* Exercise goal
Only one stretch of the data below is wanted: the lines starting at the one with "if from < 25" and ending at the one with "fn penalty(points: &[Point], i: usize, j: usize)", both included, given again exactly.
BEGIN Data excerpts
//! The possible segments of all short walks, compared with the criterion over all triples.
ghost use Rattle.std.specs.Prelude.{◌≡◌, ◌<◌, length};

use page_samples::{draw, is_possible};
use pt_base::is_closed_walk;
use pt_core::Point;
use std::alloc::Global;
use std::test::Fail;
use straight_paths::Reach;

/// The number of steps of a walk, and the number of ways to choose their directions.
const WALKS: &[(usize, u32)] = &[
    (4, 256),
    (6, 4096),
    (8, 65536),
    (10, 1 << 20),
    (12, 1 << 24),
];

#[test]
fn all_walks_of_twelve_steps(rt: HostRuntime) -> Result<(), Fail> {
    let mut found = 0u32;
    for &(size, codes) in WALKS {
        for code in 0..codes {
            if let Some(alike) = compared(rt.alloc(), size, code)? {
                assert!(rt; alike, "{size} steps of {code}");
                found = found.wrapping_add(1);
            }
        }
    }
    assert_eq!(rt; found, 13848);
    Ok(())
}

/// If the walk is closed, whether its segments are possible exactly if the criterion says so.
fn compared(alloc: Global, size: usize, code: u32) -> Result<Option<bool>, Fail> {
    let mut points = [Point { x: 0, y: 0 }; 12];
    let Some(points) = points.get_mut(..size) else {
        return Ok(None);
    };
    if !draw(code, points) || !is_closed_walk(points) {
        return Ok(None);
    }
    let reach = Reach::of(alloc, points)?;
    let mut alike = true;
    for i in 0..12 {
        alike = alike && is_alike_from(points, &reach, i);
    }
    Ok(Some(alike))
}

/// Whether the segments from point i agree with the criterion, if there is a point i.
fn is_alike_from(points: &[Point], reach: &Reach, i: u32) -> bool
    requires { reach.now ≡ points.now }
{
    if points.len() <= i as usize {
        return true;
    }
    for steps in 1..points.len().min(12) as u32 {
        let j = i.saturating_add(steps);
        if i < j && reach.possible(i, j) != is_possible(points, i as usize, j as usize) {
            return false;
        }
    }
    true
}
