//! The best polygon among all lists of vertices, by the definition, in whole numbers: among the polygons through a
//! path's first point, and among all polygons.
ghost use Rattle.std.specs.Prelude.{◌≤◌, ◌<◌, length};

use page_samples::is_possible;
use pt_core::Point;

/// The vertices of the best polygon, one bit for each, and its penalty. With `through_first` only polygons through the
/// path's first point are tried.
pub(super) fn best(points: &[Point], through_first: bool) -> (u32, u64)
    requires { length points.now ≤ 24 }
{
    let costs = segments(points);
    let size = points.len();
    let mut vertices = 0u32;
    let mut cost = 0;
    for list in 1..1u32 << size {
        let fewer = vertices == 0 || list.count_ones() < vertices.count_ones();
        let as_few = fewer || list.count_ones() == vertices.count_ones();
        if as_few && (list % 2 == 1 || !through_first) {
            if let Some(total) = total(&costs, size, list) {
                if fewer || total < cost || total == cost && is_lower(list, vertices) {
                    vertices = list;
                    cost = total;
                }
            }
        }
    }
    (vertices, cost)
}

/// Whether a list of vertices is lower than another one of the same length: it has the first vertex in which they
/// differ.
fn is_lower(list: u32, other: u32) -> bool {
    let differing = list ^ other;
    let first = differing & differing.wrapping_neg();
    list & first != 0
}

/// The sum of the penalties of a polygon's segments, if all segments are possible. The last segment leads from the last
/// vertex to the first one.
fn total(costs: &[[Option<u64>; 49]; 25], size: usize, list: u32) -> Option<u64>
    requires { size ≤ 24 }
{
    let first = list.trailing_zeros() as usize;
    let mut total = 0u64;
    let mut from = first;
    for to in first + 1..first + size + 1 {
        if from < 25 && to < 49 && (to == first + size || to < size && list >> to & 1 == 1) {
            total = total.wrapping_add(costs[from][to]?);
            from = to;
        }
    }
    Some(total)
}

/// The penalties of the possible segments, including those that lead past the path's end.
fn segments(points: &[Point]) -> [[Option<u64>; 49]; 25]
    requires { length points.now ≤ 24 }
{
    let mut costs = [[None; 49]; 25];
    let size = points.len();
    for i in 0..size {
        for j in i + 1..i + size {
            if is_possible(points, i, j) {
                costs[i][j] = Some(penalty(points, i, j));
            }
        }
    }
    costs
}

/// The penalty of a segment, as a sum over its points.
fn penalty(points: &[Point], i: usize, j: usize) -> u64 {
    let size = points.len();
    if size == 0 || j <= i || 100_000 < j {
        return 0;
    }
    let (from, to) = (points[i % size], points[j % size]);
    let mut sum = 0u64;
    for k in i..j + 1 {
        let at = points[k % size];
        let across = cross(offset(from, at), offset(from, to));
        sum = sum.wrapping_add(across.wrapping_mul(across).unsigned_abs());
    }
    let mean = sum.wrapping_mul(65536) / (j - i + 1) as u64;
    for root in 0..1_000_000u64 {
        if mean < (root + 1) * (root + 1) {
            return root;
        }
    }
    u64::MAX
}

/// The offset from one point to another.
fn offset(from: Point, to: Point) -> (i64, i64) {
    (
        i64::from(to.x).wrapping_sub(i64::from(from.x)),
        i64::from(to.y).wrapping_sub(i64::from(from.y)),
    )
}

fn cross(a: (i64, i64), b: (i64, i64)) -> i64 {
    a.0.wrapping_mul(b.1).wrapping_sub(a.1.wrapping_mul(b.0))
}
END Data excerpts
BEGIN Data excerpts
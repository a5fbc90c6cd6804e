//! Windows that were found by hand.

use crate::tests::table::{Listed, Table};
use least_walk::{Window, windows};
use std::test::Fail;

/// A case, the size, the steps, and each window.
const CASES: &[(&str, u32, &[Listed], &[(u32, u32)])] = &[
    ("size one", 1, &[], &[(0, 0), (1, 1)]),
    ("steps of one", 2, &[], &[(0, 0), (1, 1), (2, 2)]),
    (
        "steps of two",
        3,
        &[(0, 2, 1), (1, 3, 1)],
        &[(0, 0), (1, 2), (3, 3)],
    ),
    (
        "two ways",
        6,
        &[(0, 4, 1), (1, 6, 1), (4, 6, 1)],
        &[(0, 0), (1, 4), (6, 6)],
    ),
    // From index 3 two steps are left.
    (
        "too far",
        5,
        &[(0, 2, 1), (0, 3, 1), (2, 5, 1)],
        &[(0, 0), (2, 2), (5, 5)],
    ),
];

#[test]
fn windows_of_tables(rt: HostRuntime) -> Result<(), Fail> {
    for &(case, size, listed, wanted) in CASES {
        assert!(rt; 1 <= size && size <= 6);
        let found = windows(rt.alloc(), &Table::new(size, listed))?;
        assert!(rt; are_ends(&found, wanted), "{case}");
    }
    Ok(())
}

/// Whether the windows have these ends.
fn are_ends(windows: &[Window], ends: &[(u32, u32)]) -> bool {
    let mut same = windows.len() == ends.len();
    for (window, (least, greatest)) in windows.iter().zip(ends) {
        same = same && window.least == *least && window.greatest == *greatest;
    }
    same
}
END Data excerpts
* Answer below
        if from < 25 && to < 49 && (to == first + size || to < size && list >> to & 1 == 1) {
            total = total.wrapping_add(costs[from][to]?);
            from = to;
        }
    }
    Some(total)
}

/// The penalties of the possible segments, including those that lead past the path's end.
fn segments(points: &[Point]) -> [[Option<u64>; 49]; 25]
    requires { length points.now ≤ 24 }
{
    let mut costs = [[None; 49]; 25];
    let size = points.len();
    for i in 0..size {
        for j in i + 1..i + size {
            if is_possible(points, i, j) {
                costs[i][j] = Some(penalty(points, i, j));
            }
        }
    }
    costs
}

/// The penalty of a segment, as a sum over its points.
fn penalty(points: &[Point], i: usize, j: usize) -> u64 {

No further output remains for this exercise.